**What to produce:** Using the records below, give the number of lines where the word "AllByRecursion" appears, with no further output.

(Collected data)
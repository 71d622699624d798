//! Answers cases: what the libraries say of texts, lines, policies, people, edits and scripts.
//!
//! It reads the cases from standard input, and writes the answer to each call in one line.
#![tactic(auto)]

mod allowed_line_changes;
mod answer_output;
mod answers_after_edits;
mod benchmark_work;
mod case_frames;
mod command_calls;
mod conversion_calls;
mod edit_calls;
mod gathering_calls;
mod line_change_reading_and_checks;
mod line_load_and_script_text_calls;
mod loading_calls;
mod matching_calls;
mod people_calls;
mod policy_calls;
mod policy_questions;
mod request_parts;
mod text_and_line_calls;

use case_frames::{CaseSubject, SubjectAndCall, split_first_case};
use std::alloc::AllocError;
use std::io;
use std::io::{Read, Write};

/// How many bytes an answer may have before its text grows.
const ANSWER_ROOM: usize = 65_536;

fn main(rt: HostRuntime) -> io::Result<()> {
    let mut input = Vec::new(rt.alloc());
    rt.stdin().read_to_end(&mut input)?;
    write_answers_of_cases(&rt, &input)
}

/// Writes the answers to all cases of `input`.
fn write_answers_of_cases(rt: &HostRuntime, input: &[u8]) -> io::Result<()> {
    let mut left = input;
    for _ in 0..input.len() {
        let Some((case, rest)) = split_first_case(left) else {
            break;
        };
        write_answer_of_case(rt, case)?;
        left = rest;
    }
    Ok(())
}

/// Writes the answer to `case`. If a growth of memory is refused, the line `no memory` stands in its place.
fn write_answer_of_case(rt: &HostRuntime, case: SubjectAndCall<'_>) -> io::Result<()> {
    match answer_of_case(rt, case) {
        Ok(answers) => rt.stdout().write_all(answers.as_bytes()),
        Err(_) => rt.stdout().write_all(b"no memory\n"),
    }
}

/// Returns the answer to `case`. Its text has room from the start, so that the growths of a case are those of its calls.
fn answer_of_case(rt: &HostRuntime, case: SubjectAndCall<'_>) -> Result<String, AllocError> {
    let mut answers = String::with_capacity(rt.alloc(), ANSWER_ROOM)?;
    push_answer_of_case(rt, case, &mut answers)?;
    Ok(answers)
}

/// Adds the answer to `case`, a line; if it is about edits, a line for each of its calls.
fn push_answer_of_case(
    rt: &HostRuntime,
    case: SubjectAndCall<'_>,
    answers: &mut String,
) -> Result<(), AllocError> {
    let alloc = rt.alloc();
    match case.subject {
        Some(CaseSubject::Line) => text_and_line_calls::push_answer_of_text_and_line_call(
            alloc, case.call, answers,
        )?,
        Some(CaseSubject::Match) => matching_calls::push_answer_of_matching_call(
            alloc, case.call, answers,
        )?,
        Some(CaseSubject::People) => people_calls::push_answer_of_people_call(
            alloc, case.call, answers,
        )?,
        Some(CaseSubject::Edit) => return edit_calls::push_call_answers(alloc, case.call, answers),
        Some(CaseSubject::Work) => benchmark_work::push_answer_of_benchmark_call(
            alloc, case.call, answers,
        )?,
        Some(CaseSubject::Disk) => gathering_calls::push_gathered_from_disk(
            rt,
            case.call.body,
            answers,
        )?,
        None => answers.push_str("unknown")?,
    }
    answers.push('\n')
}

--

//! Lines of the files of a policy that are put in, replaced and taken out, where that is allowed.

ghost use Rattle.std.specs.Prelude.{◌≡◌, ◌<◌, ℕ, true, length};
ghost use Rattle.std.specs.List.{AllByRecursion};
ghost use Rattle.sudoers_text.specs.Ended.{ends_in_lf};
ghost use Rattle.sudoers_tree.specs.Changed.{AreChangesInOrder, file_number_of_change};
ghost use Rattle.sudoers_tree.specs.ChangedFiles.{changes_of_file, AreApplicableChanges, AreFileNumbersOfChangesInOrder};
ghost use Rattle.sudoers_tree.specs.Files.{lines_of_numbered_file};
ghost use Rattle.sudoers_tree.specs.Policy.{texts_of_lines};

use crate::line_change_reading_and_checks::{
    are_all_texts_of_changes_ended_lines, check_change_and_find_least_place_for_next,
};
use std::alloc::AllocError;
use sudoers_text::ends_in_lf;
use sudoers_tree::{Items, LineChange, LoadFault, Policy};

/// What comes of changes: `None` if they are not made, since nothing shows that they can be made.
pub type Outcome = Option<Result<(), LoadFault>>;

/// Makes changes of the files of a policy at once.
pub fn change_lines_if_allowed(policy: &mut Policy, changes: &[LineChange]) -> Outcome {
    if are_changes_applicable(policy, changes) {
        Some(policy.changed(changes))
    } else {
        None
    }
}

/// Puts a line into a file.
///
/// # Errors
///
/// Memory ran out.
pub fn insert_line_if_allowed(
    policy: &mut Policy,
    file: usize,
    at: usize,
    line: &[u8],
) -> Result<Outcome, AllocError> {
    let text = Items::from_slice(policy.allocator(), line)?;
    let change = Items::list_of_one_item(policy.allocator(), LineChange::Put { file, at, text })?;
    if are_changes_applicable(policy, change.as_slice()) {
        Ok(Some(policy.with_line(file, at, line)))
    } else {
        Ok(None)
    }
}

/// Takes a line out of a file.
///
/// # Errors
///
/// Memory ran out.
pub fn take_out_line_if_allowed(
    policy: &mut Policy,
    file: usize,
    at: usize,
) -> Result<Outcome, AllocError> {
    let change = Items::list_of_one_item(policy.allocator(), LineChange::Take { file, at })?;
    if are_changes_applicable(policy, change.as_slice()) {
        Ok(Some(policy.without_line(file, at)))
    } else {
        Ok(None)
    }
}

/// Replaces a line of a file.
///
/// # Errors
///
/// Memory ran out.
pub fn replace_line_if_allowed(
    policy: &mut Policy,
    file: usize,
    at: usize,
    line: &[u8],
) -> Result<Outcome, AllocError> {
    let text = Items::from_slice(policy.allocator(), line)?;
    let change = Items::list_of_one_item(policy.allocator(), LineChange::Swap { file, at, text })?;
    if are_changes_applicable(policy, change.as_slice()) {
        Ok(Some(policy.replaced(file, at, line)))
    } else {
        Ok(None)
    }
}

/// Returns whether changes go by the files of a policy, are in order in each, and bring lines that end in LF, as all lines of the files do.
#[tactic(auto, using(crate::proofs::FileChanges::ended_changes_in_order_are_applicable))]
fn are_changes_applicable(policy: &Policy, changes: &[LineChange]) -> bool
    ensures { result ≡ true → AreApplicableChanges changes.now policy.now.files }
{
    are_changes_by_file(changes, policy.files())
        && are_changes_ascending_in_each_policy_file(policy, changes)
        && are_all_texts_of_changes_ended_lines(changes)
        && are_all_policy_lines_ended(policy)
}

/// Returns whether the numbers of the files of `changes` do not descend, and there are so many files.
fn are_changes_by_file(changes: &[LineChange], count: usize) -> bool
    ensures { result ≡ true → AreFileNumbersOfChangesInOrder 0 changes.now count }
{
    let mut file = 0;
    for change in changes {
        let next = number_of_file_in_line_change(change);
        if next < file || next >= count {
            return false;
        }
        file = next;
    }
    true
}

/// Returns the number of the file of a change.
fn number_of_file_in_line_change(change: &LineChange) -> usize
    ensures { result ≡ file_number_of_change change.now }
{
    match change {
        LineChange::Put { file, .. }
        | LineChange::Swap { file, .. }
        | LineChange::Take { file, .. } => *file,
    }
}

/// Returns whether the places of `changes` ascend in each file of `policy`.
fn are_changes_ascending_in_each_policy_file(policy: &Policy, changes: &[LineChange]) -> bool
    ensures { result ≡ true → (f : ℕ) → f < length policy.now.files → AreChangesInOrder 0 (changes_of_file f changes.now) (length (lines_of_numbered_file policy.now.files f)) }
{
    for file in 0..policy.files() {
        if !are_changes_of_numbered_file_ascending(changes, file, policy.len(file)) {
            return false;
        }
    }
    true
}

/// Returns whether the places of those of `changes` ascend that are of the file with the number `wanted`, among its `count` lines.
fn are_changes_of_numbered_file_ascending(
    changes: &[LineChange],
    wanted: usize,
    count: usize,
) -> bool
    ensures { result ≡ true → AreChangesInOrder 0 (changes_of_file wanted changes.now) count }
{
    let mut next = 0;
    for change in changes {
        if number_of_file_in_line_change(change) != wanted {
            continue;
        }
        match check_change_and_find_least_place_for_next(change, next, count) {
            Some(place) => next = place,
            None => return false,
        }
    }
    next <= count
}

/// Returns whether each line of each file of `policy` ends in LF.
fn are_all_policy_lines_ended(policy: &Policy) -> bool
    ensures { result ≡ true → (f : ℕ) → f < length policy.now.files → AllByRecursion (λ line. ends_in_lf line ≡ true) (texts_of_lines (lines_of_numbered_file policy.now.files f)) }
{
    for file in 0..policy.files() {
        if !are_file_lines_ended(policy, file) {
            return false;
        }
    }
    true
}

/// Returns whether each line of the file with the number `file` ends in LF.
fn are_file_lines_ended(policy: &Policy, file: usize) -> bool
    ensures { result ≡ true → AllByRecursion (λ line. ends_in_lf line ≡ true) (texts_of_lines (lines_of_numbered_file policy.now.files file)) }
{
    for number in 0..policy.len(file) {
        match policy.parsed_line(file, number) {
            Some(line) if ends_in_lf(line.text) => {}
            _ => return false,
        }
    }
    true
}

**The completed task:** 3